══ PROVIDED ENTRIES

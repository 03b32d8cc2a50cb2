//! Refusals, classes of characters, and documents.
mod documents;

use super::{check_words, equal, same_values};
use std::alloc::Global;
use yaml_base::*;

#[test]
fn the_default_event_is_the_end_of_a_stream(rt: HostRuntime) {
    let end: yaml_event_t<Global> = YAML_STREAM_END_EVENT;
    same_values(&rt, Default::default(), end);
}

/// An error, its kind, its problem, and its message.
type Refusal<'a> = (yaml_error_t, yaml_error_type_t, &'a str, &'a str);

const NO_NODE: &str = "expected SCALAR, SEQUENCE-START, MAPPING-START, or ALIAS";

const HANDLE: &str = "tag handle must start with '!'";

const DUPLICATE: &str = "duplicate %TAG directive";

const REFUSALS: &[Refusal] = &[
    (
        yaml_error_t::ExpectedNode,
        YAML_EMITTER_ERROR,
        NO_NODE,
        NO_NODE,
    ),
    (
        yaml_error_t::TagHandleStart,
        YAML_EMITTER_ERROR,
        HANDLE,
        HANDLE,
    ),
    (
        yaml_error_t::DuplicateDirective,
        YAML_EMITTER_ERROR,
        DUPLICATE,
        DUPLICATE,
    ),
    (
        yaml_error_t::WriteError,
        YAML_WRITER_ERROR,
        "write error",
        "write error",
    ),
    (yaml_error_t::Memory, YAML_MEMORY_ERROR, "", "out of memory"),
];

#[test]
fn refusals_have_their_words(rt: HostRuntime) {
    for row in REFUSALS {
        let got = (row.0, row.0.kind(), row.0.problem(), row.3);
        equal(&rt, &got, row);
        check_words(&rt, rt.alloc(), &row.0, row.3);
    }
}

/// A character, and whether it is of the alphabet of names, printable, a break, of ASCII, a space, a blank, and a byte order mark.
type Classes = (char, [bool; 7]);

const MEMBERS: &[Classes] = &[
    ('a', [true, true, false, true, false, false, false]),
    ('-', [true, true, false, true, false, false, false]),
    (' ', [false, true, false, true, true, true, false]),
    ('\t', [false, false, false, true, false, true, false]),
    ('\n', [false, true, true, true, false, false, false]),
    ('\r', [false, false, true, true, false, false, false]),
    ('\u{7F}', [false, false, false, true, false, false, false]),
    ('\u{80}', [false, false, false, false, false, false, false]),
    ('\u{85}', [false, false, true, false, false, false, false]),
    ('\u{A0}', [false, true, false, false, false, false, false]),
    ('\u{2028}', [false, true, true, false, false, false, false]),
    ('\u{FEFF}', [false, false, false, false, false, false, true]),
    (
        '\u{FFFE}',
        [false, false, false, false, false, false, false],
    ),
    (
        '\u{1F600}',
        [false, true, false, false, false, false, false],
    ),
];

#[test]
fn classes_have_their_members(rt: HostRuntime) {
    for row in MEMBERS {
        let c = row.0;
        let classes = [
            is_alpha(c),
            is_printable(c),
            is_break(c),
            is_ascii(c),
            is_space(c),
            is_blank(c),
            is_bom(c),
        ];
        equal(&rt, &(c, classes), row);
    }
}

════

PROBLEM TO SOLVE:
From the first line to the last, retype the material exactly.

WRITTEN RESPONSE:
repository 03b32d8cc2a50cb2
//! Refusals, classes of characters, and documents.
mod documents;

use super::{check_words, equal, same_values};
use std::alloc::Global;
use yaml_base::*;

#[test]
fn the_default_event_is_the_end_of_a_stream(rt: HostRuntime) {
    let end: yaml_event_t<Global> = YAML_STREAM_END_EVENT;
    same_values(&rt, Default::default(), end);
}

/// An error, its kind, its problem, and its message.
type Refusal<'a> = (yaml_error_t, yaml_error_type_t, &'a str, &'a str);

const NO_NODE: &str = "expected SCALAR, SEQUENCE-START, MAPPING-START, or ALIAS";

const HANDLE: &str = "tag handle must start with '!'";

const DUPLICATE: &str = "duplicate %TAG directive";

const REFUSALS: &[Refusal] = &[
    (
        yaml_error_t::ExpectedNode,
        YAML_EMITTER_ERROR,
        NO_NODE,
        NO_NODE,
    ),
    (
        yaml_error_t::TagHandleStart,
        YAML_EMITTER_ERROR,
        HANDLE,
        HANDLE,
    ),
    (
        yaml_error_t::DuplicateDirective,
        YAML_EMITTER_ERROR,
        DUPLICATE,
        DUPLICATE,
    ),
    (
        yaml_error_t::WriteError,
        YAML_WRITER_ERROR,
        "write error",
        "write error",
    ),
    (yaml_error_t::Memory, YAML_MEMORY_ERROR, "", "out of memory"),
];

#[test]
fn refusals_have_their_words(rt: HostRuntime) {
    for row in REFUSALS {
        let got = (row.0, row.0.kind(), row.0.problem(), row.3);
        equal(&rt, &got, row);
        check_words(&rt, rt.alloc(), &row.0, row.3);
    }
}

/// A character, and whether it is of the alphabet of names, printable, a break, of ASCII, a space, a blank, and a byte order mark.
type Classes = (char, [bool; 7]);

const MEMBERS: &[Classes] = &[
    ('a', [true, true, false, true, false, false, false]),
    ('-', [true, true, false, true, false, false, false]),
    (' ', [false, true, false, true, true, true, false]),
    ('\t', [false, false, false, true, false, true, false]),
    ('\n', [false, true, true, true, false, false, false]),
    ('\r', [false, false, true, true, false, false, false]),
    ('\u{7F}', [false, false, false, true, false, false, false]),
    ('\u{80}', [false, false, false, false, false, false, false]),
    ('\u{85}', [false, false, true, false, false, false, false]),
    ('\u{A0}', [false, true, false, false, false, false, false]),
    ('\u{2028}', [false, true, true, false, false, false, false]),
    ('\u{FEFF}', [false, false, false, false, false, false, true]),
    (
        '\u{FFFE}',
        [false, false, false, false, false, false, false],
    ),
    (
        '\u{1F600}',
        [false, true, false, false, false, false, false],
    ),
];

#[test]
fn classes_have_their_members(rt: HostRuntime) {
    for row in MEMBERS {
        let c = row.0;
        let classes = [
            is_alpha(c),
            is_printable(c),
            is_break(c),
            is_ascii(c),
            is_space(c),
            is_blank(c),
            is_bom(c),
        ];
        equal(&rt, &(c, classes), row);
    }
}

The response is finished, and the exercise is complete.